Oh god! It's a huge eel looking for food!

I watched in horror as the bubbles grew larger. Surfacing just five feet in front of me was a mask and snorkel. The milk chocolate eyes were unmistakable.

NINETEEN

K
irk pulled the mask off his face. Tendrils of black hair framed his expression of shock. “Hey,” he said.

This was not a dream. This was not a test. My brain sent a zillion messages to every part of me all at once. I screamed and splashed like I was in the middle of a piranha feeding frenzy.

“Pervert!” My fists flew through the water sending waves of lake towards him.

“Just Jesse!”

“Shut up! Close your eyes!”

“Stop,” he gurgled.

I screamed over the white water. “Turn around! Turn around!”

“You're going to wake everyone.”

An audience would not be good. I stopped punching the lake, and the water gradually calmed between us. He swam back a few feet.

“What are you doing out here?” I hissed.

“What am I doing? You're naked!”

“Shut up!”

“Shit!” he laughed.

“Turn around, jerk.”

He complied, and I stared at the back of his head wishing he were Lewis.

“Now what?” he asked, slightly turning towards me.

“Stop that,” I said.

“I'm too far away to see anything.”

I squinted. If I couldn't see his body, then he couldn't see mine. “Don't move,” I said. I dove down to check; nope, nothing but haze. I resurfaced and put a few more feet of water between us.

He faced me again. “Any ideas?” he asked.

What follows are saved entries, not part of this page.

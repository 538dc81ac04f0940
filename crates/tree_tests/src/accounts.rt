//! Changes of a tree and of a plain list of its numbers, some of which are refused: a tree that refused one is as before.
ghost use Rattle.std.specs.Prelude.{◌≡◌};
ghost use Rattle.sum_tree.specs.Keyed.{Ascending};

use crate::changes::{append_to, listed_tree, push_all, set_key, splice_in};
use crate::mirror::{mirrors, numbers_from, replace};
use crate::numbered::Numbered;
use std::alloc::Global;
use sum_tree::{OutOfMemory, SumTree};

// What a tree should hold, whether it is compared with that after each change, how many changes failed, and whether all was
// right so far.
#[derive(Drop)]
pub(crate) struct Account {
    pub(crate) numbers: Vec<u64>,
    compares: bool,
    failed: u64,
    right: bool,
}

impl Account {
    pub(crate) fn new(alloc: Global, compares: bool) -> Account {
        Account {
            numbers: Vec::new(alloc),
            compares,
            failed: 0,
            right: true,
        }
    }

    // Counts a change that failed.
    pub(crate) fn count(&mut self, failed: bool) {
        self.failed = self.failed.saturating_add(failed as u64);
    }

    pub(crate) fn check(&mut self, right: bool) {
        self.right = self.right & right;
    }

    // Takes the new numbers where a change was made, and looks at the tree.
    fn look<T: Numbered>(
        &mut self,
        tree: &SumTree<T>,
        after: Vec<u64>,
        made: Result<bool, OutOfMemory>,
    ) {
        match made {
            Ok(right) => {
                self.numbers = after;
                self.check(right);
            }
            Err(_) => self.count(true),
        }
        if self.compares {
            let right = mirrors(tree, &self.numbers);
            self.check(right);
        }
    }

    // Whether all was right, and this number of changes failed.
    pub(crate) fn is_right(&self, least: u64, most: u64) -> bool {
        self.right & (self.failed >= least) & (self.failed <= most)
    }
}

// How a tree is changed.
#[derive(Clone, Copy)]
pub(crate) enum Way {
    Push,
    List,
    Append,
    Splice,
    Cut,
}

// A change: numbers from the first one on in the place of a range.
#[derive(Clone, Copy)]
pub(crate) struct Change {
    pub(crate) way: Way,
    pub(crate) range: (usize, usize),
    pub(crate) first: u64,
    pub(crate) count: u64,
}

// Cuts a tree into a front and a rest, which are trees of their own, and puts them end to end.
fn rejoins<T: Numbered>(
    alloc: Global,
    tree: &SumTree<T>,
    numbers: &[u64],
    at: usize,
) -> Result<bool, OutOfMemory> {
    if at > numbers.len() {
        return Ok(false);
    }
    let mut front = tree.take_front(alloc, at as u64)?;
    let back = tree.drop_front(alloc, at as u64)?;
    let right = mirrors(&front, &numbers[..at]) & mirrors(&back, &numbers[at..]);
    append_to(alloc, &mut front, back)?;
    Ok(right & mirrors(&front, numbers))
}

// Changes a tree, and answers whether its parts are right where it is cut.
fn apply<T: Numbered>(
    alloc: Global,
    tree: &mut SumTree<T>,
    change: Change,
    numbers: &[u64],
    others: &[u64],
) -> Result<bool, OutOfMemory> {
    match change.way {
        Way::Push => push_all(alloc, tree, others)?,
        Way::List => *tree = listed_tree(alloc, others)?,
        Way::Append => append_to(alloc, tree, listed_tree(alloc, others)?)?,
        Way::Splice => splice_in(alloc, tree, change.range, others)?,
        Way::Cut => return rejoins(alloc, tree, numbers, change.range.0),
    }
    Ok(true)
}

// Changes a tree and its account.
pub(crate) fn change_both<T: Numbered>(
    alloc: Global,
    tree: &mut SumTree<T>,
    account: &mut Account,
    change: Change,
) -> Result<(), OutOfMemory> {
    let others = numbers_from(alloc, change.first, change.count)?;
    let after = replace(alloc, &account.numbers, change.range, &others)?;
    let made = apply(alloc, tree, change, &after, &others);
    account.look(tree, after, made);
    Ok(())
}

// The same while another tree shares the nodes, which stays as it was; of a large one the length is compared alone.
pub(crate) fn change_shared<T: Numbered>(
    alloc: Global,
    tree: &mut SumTree<T>,
    account: &mut Account,
    change: Change,
) -> Result<(), OutOfMemory> {
    let before = account.numbers.clone()?;
    let old = tree.share()?;
    change_both(alloc, tree, account, change)?;
    account.check(old.len() == before.len() as u64);
    if before.len() < 2000 {
        account.check(mirrors(&old, &before));
    }
    Ok(())
}

// What is done with a key: it is inserted, taken out, or the one of these that changes the tree.
#[derive(Clone, Copy)]
pub(crate) enum Deed {
    Insert,
    Remove,
    Toggle,
}

// Whether a tree answers a number where there was one, when it is inserted or taken out.
fn answers<T: Numbered>(
    alloc: Global,
    tree: &mut SumTree<T>,
    inserts: bool,
    number: u64,
    there: bool,
) -> Result<bool, OutOfMemory>
    requires ascending { Ascending T.Key.cmp T.key_of tree.old.items }
    ensures ascending { Ascending T.Key.cmp T.key_of tree.new.items }
{
    let old = set_key(alloc, tree, inserts, number)?;
    Ok(old == (if there { Some(number) } else { None }))
}

// Inserts a number or takes it out, in a tree and its account.
pub(crate) fn change_key<T: Numbered>(
    alloc: Global,
    tree: &mut SumTree<T>,
    account: &mut Account,
    deed: Deed,
    number: u64,
) -> Result<(), OutOfMemory>
    requires ascending { Ascending T.Key.cmp T.key_of tree.old.items }
    ensures ascending { Ascending T.Key.cmp T.key_of tree.new.items }
{
    let (at, there) = place_of(&account.numbers, number);
    let inserts = is_insert(deed, there);
    let end = at.saturating_add(there as usize);
    let others = numbers_from(alloc, number, inserts as u64)?;
    let after = replace(alloc, &account.numbers, (at, end), &others)?;
    let made = answers(alloc, tree, inserts, number, there);
    account.look(tree, after, made);
    Ok(())
}

fn is_insert(deed: Deed, there: bool) -> bool {
    match deed {
        Deed::Insert => true,
        Deed::Remove => false,
        Deed::Toggle => !there,
    }
}

// Where a number is, or would be, and whether it is there.
pub(crate) fn place_of(numbers: &[u64], number: u64) -> (usize, bool) {
    match numbers.binary_search(&number) {
        Ok(at) => (at, true),
        Err(at) => (at, false),
    }
}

“Oh god, just disappear.” I felt like crying.

“Okay.” He began to put his mask back on and pretended to dive under the water.

“NO!”

He smiled again, then said, “Make up your mind.”

I looked at the dock. My small pile of clothes was so far away. “This is the plan,” I said. “I'm going to swim back and get dressed while you go on the other side of the float.”

“That's not safe. You might get a cramp on your way back and drown. If I'm on the other side of the float I won't be able to see you.”

“That's stupid. You're out here by yourself.”

“Am I?”

Oh shit.

I scanned the water around us, waiting for someone else to surface. “Who else?” I asked.

“Just the eels.”

“You jerk!” I began to splash again.

“Keep it up if you want an audience waiting for you when you reach the dock.”

I began to shiver. “I have to get out.” My teeth chattered.

“Are you okay?”

I rolled my eyes. “I'm naked and freezing.”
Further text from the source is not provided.